Filter these entries so that only lines with the word "Rattle" remain.
════════════════════
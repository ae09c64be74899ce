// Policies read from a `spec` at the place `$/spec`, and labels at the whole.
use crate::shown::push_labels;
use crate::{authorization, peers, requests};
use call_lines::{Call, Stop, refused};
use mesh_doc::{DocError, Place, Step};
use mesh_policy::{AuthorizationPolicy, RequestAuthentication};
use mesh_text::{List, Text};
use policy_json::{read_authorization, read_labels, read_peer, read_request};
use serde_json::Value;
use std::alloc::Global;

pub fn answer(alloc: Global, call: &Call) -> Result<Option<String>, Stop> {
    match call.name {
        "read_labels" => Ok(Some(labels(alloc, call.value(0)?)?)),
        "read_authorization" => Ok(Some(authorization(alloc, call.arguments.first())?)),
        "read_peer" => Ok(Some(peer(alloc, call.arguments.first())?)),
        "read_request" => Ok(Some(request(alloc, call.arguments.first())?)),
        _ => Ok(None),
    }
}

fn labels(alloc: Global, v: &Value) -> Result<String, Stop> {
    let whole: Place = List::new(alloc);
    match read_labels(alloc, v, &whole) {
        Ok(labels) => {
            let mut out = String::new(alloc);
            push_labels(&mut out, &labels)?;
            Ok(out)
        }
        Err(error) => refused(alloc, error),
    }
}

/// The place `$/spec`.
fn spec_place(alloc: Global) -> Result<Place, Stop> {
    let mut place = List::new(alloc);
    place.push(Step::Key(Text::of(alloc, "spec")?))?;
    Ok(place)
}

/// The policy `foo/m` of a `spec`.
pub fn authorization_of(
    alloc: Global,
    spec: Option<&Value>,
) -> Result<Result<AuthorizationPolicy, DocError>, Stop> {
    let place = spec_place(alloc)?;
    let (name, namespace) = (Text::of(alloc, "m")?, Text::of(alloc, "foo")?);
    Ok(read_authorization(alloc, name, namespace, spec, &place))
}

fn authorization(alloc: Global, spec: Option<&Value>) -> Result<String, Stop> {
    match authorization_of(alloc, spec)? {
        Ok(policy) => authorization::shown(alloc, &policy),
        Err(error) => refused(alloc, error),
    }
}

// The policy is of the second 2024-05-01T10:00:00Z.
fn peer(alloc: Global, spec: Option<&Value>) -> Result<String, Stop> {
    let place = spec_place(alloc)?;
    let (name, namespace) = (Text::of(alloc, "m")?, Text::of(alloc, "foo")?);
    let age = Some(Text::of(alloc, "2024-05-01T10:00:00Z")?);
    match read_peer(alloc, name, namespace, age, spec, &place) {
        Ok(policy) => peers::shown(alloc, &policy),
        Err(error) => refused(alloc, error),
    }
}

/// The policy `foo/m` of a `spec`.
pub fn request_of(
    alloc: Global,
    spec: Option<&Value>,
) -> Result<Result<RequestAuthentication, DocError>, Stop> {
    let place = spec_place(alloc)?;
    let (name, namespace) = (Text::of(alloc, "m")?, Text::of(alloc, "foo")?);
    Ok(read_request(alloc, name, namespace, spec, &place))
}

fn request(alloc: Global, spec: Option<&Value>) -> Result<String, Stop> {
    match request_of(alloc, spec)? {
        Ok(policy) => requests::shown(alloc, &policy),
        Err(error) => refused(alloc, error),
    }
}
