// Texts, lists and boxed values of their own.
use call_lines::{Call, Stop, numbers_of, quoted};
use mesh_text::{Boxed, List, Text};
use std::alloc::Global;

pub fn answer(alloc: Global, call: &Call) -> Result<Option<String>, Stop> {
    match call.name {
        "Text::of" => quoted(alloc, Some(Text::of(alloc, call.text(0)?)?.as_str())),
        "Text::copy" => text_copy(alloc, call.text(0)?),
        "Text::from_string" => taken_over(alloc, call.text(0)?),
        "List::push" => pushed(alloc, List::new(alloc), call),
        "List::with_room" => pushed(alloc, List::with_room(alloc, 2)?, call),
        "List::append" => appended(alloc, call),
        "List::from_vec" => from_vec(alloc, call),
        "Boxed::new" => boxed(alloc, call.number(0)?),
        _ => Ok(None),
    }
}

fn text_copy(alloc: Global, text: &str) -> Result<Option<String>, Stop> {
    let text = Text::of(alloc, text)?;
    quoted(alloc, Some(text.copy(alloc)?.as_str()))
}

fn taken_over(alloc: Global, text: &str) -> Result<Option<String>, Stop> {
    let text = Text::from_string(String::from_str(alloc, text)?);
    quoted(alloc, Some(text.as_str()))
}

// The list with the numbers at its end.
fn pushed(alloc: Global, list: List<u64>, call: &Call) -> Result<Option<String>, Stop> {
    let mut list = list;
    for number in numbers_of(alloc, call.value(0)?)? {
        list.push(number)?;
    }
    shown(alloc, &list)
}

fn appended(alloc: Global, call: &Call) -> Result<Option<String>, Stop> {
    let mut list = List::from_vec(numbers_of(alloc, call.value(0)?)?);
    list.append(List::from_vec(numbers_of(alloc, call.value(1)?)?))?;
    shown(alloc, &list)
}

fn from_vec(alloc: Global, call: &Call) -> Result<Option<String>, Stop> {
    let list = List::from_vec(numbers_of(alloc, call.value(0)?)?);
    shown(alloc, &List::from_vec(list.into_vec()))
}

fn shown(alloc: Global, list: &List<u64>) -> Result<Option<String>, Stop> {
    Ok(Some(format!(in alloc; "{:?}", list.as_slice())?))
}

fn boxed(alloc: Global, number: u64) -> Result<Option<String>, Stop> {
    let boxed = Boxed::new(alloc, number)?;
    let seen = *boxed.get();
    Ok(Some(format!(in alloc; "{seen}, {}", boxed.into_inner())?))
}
════════════════════
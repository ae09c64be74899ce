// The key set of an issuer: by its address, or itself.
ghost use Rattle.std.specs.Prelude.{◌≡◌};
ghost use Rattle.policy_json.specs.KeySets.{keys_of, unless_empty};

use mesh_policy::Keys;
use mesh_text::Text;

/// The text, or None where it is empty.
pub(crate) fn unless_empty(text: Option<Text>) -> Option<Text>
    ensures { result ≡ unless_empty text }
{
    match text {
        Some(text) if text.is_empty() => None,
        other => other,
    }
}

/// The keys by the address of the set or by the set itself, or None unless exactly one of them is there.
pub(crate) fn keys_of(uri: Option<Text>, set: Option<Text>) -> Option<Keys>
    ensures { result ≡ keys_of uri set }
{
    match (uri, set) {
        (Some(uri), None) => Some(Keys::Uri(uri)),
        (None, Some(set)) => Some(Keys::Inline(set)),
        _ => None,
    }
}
════════════════════
→ **Task answer**:
ghost use Rattle.std.specs.Prelude.{◌≡◌};
ghost use Rattle.policy_json.specs.KeySets.{keys_of, unless_empty};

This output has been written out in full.